_What to do_
Only lines that contain the word "their" are to be returned from the data below.

======== Material provided ========

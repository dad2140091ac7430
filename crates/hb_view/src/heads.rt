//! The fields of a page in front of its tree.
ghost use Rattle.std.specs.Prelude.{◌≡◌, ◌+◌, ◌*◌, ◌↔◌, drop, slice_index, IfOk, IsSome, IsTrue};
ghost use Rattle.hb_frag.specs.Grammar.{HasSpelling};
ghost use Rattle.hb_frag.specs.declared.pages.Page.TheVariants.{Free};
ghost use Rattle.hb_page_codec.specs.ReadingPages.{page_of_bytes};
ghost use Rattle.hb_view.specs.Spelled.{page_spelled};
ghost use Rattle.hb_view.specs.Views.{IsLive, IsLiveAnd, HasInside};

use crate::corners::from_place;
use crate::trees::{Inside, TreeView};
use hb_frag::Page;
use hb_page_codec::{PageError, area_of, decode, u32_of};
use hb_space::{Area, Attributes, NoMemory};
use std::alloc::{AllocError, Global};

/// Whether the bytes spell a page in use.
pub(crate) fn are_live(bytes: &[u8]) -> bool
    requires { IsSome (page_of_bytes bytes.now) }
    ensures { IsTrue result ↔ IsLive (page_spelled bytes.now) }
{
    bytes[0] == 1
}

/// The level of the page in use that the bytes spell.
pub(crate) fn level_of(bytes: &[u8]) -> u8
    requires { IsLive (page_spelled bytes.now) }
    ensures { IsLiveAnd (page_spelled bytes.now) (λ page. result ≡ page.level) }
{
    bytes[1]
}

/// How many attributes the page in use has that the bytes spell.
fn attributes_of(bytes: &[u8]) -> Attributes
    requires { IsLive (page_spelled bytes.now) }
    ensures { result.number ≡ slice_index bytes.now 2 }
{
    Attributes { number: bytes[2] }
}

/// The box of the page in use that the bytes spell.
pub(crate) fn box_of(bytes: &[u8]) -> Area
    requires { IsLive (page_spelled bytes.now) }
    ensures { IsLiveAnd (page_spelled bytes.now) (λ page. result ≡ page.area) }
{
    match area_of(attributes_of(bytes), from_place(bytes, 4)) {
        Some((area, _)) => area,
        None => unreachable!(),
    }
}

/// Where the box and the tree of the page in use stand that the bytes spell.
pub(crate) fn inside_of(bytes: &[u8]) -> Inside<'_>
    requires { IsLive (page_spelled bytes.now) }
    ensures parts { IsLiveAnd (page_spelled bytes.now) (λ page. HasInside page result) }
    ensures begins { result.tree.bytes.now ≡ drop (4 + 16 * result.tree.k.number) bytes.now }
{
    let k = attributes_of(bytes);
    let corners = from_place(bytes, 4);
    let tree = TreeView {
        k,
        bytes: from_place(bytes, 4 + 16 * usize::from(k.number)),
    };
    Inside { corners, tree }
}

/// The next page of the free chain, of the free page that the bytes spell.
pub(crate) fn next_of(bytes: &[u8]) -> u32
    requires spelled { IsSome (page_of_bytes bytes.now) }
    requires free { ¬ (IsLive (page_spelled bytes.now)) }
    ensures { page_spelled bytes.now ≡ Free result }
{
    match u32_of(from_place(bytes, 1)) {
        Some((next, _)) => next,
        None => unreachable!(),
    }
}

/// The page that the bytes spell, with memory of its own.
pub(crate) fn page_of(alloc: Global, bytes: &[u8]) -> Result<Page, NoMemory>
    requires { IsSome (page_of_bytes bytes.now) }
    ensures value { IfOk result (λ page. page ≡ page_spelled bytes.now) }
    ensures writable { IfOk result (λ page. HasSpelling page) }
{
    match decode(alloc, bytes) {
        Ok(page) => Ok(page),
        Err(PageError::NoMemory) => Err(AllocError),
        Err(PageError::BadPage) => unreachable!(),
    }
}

========
======== Material provided ========

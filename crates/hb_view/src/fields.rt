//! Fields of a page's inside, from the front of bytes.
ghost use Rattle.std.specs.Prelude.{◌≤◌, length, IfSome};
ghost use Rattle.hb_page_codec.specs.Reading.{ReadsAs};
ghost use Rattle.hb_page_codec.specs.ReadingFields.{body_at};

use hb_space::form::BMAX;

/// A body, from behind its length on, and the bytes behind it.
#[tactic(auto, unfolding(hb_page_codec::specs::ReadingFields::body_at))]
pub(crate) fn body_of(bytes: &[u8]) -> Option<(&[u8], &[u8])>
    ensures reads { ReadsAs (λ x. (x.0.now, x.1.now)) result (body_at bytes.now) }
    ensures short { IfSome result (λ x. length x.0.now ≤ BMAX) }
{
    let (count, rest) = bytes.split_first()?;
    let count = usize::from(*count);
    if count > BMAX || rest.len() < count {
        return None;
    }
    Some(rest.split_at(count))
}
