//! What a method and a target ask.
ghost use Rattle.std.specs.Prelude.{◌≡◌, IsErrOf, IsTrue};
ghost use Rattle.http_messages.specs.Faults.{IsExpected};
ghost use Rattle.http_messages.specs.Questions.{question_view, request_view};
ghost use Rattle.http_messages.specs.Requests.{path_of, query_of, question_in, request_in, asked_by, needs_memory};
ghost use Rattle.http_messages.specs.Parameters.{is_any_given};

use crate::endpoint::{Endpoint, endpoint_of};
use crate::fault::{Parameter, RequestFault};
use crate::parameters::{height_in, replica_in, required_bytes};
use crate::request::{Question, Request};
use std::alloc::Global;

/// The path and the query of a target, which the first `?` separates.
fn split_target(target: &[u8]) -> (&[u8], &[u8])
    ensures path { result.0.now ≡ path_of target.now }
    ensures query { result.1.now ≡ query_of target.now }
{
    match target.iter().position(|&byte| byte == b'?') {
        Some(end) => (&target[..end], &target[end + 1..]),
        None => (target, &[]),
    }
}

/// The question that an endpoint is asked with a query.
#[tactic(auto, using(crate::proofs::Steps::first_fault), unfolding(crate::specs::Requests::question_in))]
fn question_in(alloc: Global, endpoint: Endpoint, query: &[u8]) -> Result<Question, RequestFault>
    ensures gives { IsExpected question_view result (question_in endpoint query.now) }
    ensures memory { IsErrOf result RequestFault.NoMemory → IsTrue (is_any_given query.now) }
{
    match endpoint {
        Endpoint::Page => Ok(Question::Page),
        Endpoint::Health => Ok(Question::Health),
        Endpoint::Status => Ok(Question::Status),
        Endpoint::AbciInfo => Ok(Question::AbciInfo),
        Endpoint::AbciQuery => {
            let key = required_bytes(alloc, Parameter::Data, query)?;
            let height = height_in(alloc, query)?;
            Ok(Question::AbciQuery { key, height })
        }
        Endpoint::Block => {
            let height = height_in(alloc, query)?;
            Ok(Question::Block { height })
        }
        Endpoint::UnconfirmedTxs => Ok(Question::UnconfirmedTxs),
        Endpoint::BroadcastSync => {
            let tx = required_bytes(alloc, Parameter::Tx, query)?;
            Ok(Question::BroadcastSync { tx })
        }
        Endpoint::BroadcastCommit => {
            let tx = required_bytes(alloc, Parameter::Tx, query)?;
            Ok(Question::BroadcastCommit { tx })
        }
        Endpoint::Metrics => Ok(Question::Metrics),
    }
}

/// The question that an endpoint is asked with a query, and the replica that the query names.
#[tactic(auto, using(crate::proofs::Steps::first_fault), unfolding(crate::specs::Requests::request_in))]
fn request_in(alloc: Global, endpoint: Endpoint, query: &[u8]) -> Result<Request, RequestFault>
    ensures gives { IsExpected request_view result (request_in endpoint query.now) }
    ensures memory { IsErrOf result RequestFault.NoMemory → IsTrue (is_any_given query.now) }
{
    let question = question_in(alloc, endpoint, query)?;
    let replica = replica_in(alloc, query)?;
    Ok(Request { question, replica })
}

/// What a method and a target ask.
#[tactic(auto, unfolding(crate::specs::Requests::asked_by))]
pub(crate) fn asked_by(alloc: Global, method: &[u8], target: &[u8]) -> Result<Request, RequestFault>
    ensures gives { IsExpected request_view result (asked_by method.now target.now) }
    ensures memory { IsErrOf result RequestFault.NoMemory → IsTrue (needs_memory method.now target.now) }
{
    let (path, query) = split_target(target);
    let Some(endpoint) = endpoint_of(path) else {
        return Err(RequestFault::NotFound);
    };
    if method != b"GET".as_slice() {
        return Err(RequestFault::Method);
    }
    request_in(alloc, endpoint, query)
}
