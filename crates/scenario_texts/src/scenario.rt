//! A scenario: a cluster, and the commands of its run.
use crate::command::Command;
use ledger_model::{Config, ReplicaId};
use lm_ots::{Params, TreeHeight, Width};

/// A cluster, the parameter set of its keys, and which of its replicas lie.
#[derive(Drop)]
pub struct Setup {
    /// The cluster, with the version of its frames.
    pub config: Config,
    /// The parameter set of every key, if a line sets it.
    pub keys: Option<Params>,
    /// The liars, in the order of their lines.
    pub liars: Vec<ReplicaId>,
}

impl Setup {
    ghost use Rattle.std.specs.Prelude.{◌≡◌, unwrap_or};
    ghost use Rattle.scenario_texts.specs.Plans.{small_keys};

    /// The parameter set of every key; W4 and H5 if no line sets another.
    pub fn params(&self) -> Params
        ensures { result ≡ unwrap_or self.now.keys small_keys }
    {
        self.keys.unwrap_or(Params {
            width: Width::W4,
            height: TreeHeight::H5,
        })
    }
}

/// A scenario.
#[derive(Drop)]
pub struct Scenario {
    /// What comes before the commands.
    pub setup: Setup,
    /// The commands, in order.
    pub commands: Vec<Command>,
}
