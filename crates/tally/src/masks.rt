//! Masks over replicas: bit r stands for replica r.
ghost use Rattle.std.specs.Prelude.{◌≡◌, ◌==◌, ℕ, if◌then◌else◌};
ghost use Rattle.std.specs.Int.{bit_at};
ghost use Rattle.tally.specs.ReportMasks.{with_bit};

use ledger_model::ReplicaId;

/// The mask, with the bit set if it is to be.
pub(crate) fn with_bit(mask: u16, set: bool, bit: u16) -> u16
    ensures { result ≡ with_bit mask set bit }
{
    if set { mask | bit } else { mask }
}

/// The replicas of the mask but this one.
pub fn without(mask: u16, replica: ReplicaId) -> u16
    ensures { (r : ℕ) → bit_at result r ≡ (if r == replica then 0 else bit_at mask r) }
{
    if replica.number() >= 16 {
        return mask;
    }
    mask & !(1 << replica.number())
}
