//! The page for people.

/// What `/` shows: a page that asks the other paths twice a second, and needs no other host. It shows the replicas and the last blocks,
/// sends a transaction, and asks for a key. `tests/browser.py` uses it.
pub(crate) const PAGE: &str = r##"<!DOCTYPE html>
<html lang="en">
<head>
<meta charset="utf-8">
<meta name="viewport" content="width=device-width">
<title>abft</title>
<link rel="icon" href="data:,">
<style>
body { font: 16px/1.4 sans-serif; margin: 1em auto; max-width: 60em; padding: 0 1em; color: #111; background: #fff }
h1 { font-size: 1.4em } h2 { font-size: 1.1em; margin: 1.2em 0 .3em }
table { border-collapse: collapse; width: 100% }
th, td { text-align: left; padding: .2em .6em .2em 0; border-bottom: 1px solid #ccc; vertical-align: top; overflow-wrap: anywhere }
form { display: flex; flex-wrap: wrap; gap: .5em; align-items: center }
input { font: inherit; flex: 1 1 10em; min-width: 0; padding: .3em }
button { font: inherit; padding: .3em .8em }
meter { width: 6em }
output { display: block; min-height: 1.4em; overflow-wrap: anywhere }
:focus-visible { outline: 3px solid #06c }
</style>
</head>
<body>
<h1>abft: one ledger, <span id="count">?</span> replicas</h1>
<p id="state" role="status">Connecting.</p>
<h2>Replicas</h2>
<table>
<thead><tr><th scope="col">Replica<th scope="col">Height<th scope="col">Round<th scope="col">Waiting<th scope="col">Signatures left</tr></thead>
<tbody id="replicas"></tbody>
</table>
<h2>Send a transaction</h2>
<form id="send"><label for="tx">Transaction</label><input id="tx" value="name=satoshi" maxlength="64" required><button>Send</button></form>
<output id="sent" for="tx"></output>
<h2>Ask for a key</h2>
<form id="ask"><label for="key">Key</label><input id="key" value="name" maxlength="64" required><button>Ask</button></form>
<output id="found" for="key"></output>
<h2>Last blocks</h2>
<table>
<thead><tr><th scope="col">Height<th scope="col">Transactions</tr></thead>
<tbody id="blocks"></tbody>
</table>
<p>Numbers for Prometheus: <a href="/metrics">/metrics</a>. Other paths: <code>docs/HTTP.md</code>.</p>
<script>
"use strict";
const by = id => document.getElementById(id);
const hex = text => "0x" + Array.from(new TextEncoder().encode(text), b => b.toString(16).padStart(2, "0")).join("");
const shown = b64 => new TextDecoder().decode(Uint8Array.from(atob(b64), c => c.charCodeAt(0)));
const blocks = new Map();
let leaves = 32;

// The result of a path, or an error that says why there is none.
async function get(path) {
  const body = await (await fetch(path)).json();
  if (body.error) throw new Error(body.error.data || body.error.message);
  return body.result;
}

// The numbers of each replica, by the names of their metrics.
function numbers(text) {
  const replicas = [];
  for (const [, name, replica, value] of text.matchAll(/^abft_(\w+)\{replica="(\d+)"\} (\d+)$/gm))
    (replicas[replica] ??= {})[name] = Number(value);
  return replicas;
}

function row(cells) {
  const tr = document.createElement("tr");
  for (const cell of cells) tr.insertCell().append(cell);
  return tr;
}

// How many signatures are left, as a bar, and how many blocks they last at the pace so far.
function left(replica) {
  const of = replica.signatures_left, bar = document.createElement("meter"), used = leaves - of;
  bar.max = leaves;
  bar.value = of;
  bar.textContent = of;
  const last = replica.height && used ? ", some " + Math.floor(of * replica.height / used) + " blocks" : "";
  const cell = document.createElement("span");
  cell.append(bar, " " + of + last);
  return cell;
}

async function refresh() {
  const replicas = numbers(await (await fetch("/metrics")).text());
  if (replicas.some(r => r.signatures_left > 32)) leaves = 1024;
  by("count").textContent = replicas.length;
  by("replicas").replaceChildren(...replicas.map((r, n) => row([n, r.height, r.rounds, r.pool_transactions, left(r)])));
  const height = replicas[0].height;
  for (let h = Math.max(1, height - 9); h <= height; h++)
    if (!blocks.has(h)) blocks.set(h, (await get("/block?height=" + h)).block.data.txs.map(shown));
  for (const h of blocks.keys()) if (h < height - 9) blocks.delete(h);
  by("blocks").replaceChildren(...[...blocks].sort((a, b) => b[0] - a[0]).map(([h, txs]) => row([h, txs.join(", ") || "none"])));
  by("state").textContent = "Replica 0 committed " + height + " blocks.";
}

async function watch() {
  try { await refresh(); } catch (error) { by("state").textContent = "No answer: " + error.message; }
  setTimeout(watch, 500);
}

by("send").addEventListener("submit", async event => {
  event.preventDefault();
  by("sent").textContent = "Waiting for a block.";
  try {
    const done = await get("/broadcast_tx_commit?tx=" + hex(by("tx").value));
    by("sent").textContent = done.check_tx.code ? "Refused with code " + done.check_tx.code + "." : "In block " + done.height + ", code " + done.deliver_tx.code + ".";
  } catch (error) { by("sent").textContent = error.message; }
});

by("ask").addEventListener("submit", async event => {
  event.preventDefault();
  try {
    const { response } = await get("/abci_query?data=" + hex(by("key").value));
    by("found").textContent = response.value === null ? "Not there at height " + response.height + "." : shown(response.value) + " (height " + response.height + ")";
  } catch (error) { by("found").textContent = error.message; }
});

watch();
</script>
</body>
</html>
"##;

========

_Completed task_
    /// The liars, in the order of their lines.
// The numbers of each replica, by the names of their metrics.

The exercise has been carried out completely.